I picked up a ECB the other day and after talking to Richtee  he mentioned that he doesn't use his water pan.. I could see this as a benefit  as allowing the smoke to go straight up rather around the outside of the water pan...

Do others also not use the water pan ??


----------



## 13spicerub (Mar 17, 2008)

if you don't use the water pan you are BBQing, not smoking.  The water pan is used to get indirect heat.  you will have a tought time keeping the temp at the racks in the 225-250 degree range and will most likely cook too fast resulting in tough, dry meat.


----------



## peculiarmike (Mar 17, 2008)

In an ECB -
No water pan = GRILLING (Hot direct heat)
With water pan = SMOKING (Low & slow indirect heat)

That water pan does two things -
1- It is a barrier between what you are smoking and the fire (about 1400Â°F)
2- It adds humidity inside the smoker, if you put a liquid in it, contributes to the "smoke ring" and slows evaporation of moisture from meat.
It DOES NOT "add moisture to the meat".

You can also fill the water pan with playground sand. Serves the same purpose, works great, less hassle.

$.02


----------



## richtee (Mar 17, 2008)

As you know from my PM I sent explaining my setup- and pict I sent..I do not use a pan, but I DO have a grill set up with foil for a "tuning plate".


----------



## chaosmunki (Mar 19, 2008)

ok...so i understand so many things now..just from looking around and asking questions...and i understand the purpose of a water pan...but can someone please explain to me how to use one/where? Are those alum open pans for .99 ok to use? or does it need to be covered? where does it go, and when?
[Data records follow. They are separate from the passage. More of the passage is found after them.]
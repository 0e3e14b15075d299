//! The columns of a Gecko thread by their names.
ghost use Rattle.std.specs.Prelude.{◌≡◌, ◌≢◌, ℕ, slice_index_or, IfOk};
ghost use Rattle.prof_gecko.specs.Gathered.{no_column};
ghost use Rattle.prof_gecko.specs.Columns.{frame_cells, stack_cells, moved_column, parts_of, shift_of};

use crate::gathered::{GeckoTable, GeckoThread, TableFault};
use crate::shift::Shift;
use prof_io::Text;
use prof_raw::{CellList, ListFault, RawColumn, RawOwn, State, Strings, TableLength, Unit};
use std::alloc::{AllocError, Global};
use std::marker::Model;
use std::rc::Rc;

/// The columns of frames.
#[derive(Drop)]
pub(crate) struct FrameColumns {
    pub(crate) fault: Option<TableFault>,
    pub(crate) location: RawColumn,
    pub(crate) relevant_for_js: RawColumn,
    pub(crate) category: RawColumn,
}

impl Model for FrameColumns {
    ghost use Rattle.prof_gecko.specs.Columns.{FrameCells};

    ghost Value = { FrameCells };

    ghost view = { λ f. record {
      fault = f.fault;
      location = f.location;
      relevant_for_js = f.relevant_for_js;
      category = f.category;
    } };
}

/// The columns of stack rows.
#[derive(Drop)]
pub(crate) struct StackColumns {
    pub(crate) fault: Option<TableFault>,
    pub(crate) frame: RawColumn,
    pub(crate) prefix: RawColumn,
}

impl Model for StackColumns {
    ghost use Rattle.prof_gecko.specs.Columns.{StackCells};

    ghost Value = { StackCells };

    ghost view = { λ s. record { fault = s.fault; frame = s.frame; prefix = s.prefix } };
}

/// All columns of a thread, with its times moved.
#[derive(Drop)]
pub(crate) struct ThreadColumns {
    pub(crate) strings: Rc<Strings>,
    pub(crate) string_fault: Option<ListFault>,
    pub(crate) frames: FrameColumns,
    pub(crate) stacks: StackColumns,
    pub(crate) samples_fault: Option<TableFault>,
    pub(crate) markers_fault: Option<TableFault>,
    pub(crate) own: RawOwn,
}

impl Model for ThreadColumns {
    ghost use Rattle.prof_gecko.specs.Columns.{ThreadParts};

    ghost Value = { ThreadParts };

    ghost view = { λ t. record {
      strings = t.strings.value;
      string_fault = t.string_fault;
      frames = t.frames;
      stacks = t.stacks;
      samples_fault = t.samples_fault;
      markers_fault = t.markers_fault;
      own = t.own;
    } };
}

/// A column that isn't there.
fn no_column(alloc: Global) -> RawColumn
    ensures { result ≡ no_column }
{
    RawColumn {
        state: State::Absent,
        values: CellList::new(alloc),
        bad: None,
    }
}

/// Takes the column of a number out of a table.
fn take_column(alloc: Global, columns: &mut Vec<RawColumn>, i: usize) -> RawColumn
    ensures taken { result ≡ slice_index_or columns.old.items i no_column }
    ensures others { (k : ℕ) → k ≢ i →
        slice_index_or columns.new.items k no_column ≡ slice_index_or columns.old.items k no_column }
{
    let absent = no_column(alloc);
    if i < columns.len() {
        std::mem::replace(&mut columns[i], absent)
    } else {
        absent
    }
}

impl FrameColumns {
    fn of(alloc: Global, table: GeckoTable) -> Self
        ensures { result ≡ frame_cells table }
    {
        let mut columns = table.columns;
        let location = take_column(alloc, &mut columns, 0);
        let relevant_for_js = take_column(alloc, &mut columns, 1);
        let category = take_column(alloc, &mut columns, 2);
        FrameColumns {
            fault: table.fault,
            location,
            relevant_for_js,
            category,
        }
    }
}

impl StackColumns {
    fn of(alloc: Global, table: GeckoTable) -> Self
        ensures { result ≡ stack_cells table }
    {
        let mut columns = table.columns;
        let frame = take_column(alloc, &mut columns, 0);
        let prefix = take_column(alloc, &mut columns, 1);
        StackColumns {
            fault: table.fault,
            frame,
            prefix,
        }
    }
}

/// The columns of samples.
#[derive(Drop)]
struct SampleColumns {
    stack: RawColumn,
    time: RawColumn,
}

impl SampleColumns {
    fn of(alloc: Global, shift: Shift, mut columns: Vec<RawColumn>) -> Result<Self, AllocError>
        ensures stack { IfOk result (λ c. c.stack ≡ slice_index_or columns.items 0 no_column) }
        ensures time { IfOk result (λ c. c.time
            ≡ moved_column (shift_of shift) (slice_index_or columns.items 1 no_column)) }
    {
        let stack = take_column(alloc, &mut columns, 0);
        let time = take_column(alloc, &mut columns, 1);
        let time = shift.moved_column(alloc, time)?;
        Ok(SampleColumns { stack, time })
    }
}

/// The columns of markers.
#[derive(Drop)]
struct MarkerColumns {
    phase: RawColumn,
    name: RawColumn,
    start: RawColumn,
    end: RawColumn,
    details: RawColumn,
}

impl MarkerColumns {
    fn of(alloc: Global, shift: Shift, mut columns: Vec<RawColumn>) -> Result<Self, AllocError>
        ensures phase { IfOk result (λ c. c.phase ≡ slice_index_or columns.items 0 no_column) }
        ensures name { IfOk result (λ c. c.name ≡ slice_index_or columns.items 1 no_column) }
        ensures start { IfOk result (λ c. c.start
            ≡ moved_column (shift_of shift) (slice_index_or columns.items 2 no_column)) }
        ensures end { IfOk result (λ c. c.end
            ≡ moved_column (shift_of shift) (slice_index_or columns.items 3 no_column)) }
        ensures details { IfOk result (λ c. c.details
            ≡ slice_index_or columns.items 4 no_column) }
    {
        let phase = take_column(alloc, &mut columns, 0);
        let name = take_column(alloc, &mut columns, 1);
        let start = take_column(alloc, &mut columns, 2);
        let end = take_column(alloc, &mut columns, 3);
        let details = take_column(alloc, &mut columns, 4);
        let start = shift.moved_column(alloc, start)?;
        let end = shift.moved_column(alloc, end)?;
        Ok(MarkerColumns {
            phase,
            name,
            start,
            end,
            details,
        })
    }
}

impl ThreadColumns {
    /// The columns of a thread, whose times are moved.
    #[tactic(auto, unfolding(crate::specs::Columns::parts_of))]
    pub(crate) fn of(alloc: Global, shift: Shift, thread: GeckoThread) -> Result<Self, AllocError>
        ensures { IfOk result (λ columns. columns ≡ parts_of (shift_of shift) thread) }
    {
        let GeckoThread {
            name,
            strings,
            string_fault,
            frame,
            stack,
            samples,
            has_markers,
            markers,
            marker_texts,
            marker_ranges,
        } = thread;
        let samples_fault = samples.fault;
        let markers_fault = markers.fault;
        let samples = SampleColumns::of(alloc, shift, samples.columns)?;
        let markers = MarkerColumns::of(alloc, shift, markers.columns)?;
        let own = RawOwn {
            name,
            sample_stack: samples.stack,
            sample_time: samples.time,
            deltas: false,
            unit: Some(Unit::Samples),
            sample_weight: no_column(alloc),
            sample_length: TableLength::Unsaid,
            has_markers,
            marker_phase: markers.phase,
            marker_name: markers.name,
            marker_start: markers.start,
            marker_end: markers.end,
            marker_data: markers.details,
            marker_length: TableLength::Unsaid,
            marker_texts,
            marker_ranges,
        };
        Ok(ThreadColumns {
            strings,
            string_fault,
            frames: FrameColumns::of(alloc, frame),
            stacks: StackColumns::of(alloc, stack),
            samples_fault,
            markers_fault,
            own,
        })
    }
}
thanks guys for putting up with 1,000 questions! lol


----------



## richtee (Mar 19, 2008)

I'd like to add one thing to Peculiar's list: It also helps regulate temps to around the B.P. of water. As water evaps, it takes 540 Cal/Gm of heat out of the system to do so. Assuming it escapes as steam anyway. A smoker running at 300 could be tamed prolly 50 degrees with a water pan.

The pan goes directly over the coal/wood bed. You can cover it with foil with some holes in it, as long as vapor can escape and do it's thing. It stays in the smoker the entire time typically. However it's not really needed after you foil the meat if you do so. Unless you can't manage to keep low enough temps.


----------



## chaosmunki (Mar 20, 2008)

so if i have an off-set smoker, it goes in the firebox on the wood/coal, not in the main chamber to sit by itself semi-blocking the hole from firebox to main chamber? (that was the impression i got from the post previous to mine). 

Thanks Rich.


----------



## bunky (Mar 20, 2008)

On An Offset the Water Pan goes in the smoking side of the Smoker I use mine to block the opening kind of like a baffle...


----------



## richtee (Mar 21, 2008)

YEah... I was assuming a vert design. Nearest to the heat I guess is a better explanation...yet in with the meat.


----------



## chaosmunki (Mar 21, 2008)

so outside the firebox, in the "grill" area, right where the smoke would pour in, kind of leaning above the whole, causing the smoke coming in to go downward some... if my firebox was on the left (imagine) the water pan would like like this, from a front view:  \

I think if I understood that correctly, that is what we are talking about.


----------



## richtee (Mar 21, 2008)

Right in front of where the smoke and heat come into the smoking chamber.


----------